*** Opening RECORDS FOR THIS TASK ***
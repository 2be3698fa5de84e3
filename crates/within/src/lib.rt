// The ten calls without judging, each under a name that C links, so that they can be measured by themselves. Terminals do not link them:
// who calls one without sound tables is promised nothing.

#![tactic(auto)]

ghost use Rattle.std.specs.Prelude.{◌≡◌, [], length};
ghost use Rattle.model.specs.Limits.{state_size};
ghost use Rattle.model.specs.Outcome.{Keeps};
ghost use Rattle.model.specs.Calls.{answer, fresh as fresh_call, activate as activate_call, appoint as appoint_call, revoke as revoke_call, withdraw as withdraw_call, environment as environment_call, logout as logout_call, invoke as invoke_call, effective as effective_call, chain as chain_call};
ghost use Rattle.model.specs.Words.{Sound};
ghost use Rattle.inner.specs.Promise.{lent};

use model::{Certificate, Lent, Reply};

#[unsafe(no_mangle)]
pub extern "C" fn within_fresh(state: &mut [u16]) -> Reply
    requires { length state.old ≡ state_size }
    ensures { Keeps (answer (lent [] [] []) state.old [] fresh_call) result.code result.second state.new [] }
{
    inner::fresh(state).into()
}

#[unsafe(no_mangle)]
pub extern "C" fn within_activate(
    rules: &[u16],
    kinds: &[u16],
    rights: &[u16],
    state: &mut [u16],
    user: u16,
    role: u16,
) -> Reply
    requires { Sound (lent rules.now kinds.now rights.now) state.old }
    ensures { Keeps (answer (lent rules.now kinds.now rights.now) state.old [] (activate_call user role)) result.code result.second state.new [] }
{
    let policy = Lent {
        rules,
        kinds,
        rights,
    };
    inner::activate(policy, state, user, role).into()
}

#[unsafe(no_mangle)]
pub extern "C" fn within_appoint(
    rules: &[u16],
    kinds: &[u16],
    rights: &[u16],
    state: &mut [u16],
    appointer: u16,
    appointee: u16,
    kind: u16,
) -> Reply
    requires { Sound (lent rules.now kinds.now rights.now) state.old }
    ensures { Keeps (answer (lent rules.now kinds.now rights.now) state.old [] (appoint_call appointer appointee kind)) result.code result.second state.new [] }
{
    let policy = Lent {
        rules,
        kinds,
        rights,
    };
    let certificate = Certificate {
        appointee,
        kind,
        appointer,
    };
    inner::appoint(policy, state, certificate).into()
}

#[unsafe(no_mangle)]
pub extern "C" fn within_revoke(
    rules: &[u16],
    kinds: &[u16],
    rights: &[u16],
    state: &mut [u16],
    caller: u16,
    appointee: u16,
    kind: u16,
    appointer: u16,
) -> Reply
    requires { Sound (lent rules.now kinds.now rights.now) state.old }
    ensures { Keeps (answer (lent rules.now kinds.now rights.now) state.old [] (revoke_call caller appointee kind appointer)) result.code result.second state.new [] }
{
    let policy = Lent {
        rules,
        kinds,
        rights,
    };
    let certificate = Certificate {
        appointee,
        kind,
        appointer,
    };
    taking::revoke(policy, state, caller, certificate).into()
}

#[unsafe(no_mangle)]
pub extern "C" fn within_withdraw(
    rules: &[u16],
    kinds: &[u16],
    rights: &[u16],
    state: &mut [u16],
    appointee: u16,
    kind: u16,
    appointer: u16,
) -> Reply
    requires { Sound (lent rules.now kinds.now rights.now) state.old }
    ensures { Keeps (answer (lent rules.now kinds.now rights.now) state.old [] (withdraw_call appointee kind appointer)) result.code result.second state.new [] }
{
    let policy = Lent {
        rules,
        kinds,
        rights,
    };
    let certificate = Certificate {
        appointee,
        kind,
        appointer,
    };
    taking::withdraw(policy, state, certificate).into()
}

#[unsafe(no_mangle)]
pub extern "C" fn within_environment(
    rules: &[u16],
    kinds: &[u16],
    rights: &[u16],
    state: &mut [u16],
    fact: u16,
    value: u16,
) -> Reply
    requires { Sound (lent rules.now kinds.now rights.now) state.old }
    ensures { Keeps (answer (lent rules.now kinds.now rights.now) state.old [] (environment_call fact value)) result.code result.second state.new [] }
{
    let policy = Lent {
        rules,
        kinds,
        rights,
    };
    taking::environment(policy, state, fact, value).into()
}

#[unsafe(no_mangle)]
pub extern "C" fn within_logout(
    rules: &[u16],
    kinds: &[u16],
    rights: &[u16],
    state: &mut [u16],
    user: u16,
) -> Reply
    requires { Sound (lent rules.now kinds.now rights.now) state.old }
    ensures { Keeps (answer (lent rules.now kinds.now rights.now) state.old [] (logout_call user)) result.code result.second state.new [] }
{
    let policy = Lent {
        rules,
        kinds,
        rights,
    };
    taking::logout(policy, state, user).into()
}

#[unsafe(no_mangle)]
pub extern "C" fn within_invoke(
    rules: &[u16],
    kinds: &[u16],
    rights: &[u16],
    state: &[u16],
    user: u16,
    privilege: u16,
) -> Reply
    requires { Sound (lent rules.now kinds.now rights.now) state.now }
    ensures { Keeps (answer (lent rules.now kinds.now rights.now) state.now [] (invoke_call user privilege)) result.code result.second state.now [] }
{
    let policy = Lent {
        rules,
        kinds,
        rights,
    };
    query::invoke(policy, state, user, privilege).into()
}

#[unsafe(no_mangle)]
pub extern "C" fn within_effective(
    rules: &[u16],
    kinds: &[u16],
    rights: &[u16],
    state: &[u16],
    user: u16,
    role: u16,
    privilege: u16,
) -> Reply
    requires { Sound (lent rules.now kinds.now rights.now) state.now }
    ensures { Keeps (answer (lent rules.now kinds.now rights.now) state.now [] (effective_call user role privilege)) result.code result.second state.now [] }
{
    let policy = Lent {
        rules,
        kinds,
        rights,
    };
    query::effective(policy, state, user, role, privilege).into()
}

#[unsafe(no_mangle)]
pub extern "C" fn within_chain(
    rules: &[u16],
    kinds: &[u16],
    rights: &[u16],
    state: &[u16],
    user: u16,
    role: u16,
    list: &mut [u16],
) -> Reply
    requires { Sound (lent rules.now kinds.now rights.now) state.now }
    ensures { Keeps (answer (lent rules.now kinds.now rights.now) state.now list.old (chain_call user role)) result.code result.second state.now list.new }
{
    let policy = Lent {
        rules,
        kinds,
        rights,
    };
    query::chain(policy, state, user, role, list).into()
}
*** Closing RECORDS FOR THIS TASK ***
#### [YOUR ASSIGNMENT]
Final part of the records: return the line that contains "rights.now) state.now list.old" and every line after it, exactly, with no other lines added.

#### [SOLUTION TO THIS EXERCISE]
    ensures { Keeps (answer (lent rules.now kinds.now rights.now) state.now list.old (chain_call user role)) result.code result.second state.now list.new }
{
    let policy = Lent {
        rules,
        kinds,
        rights,
    };
    query::chain(policy, state, user, role, list).into()
}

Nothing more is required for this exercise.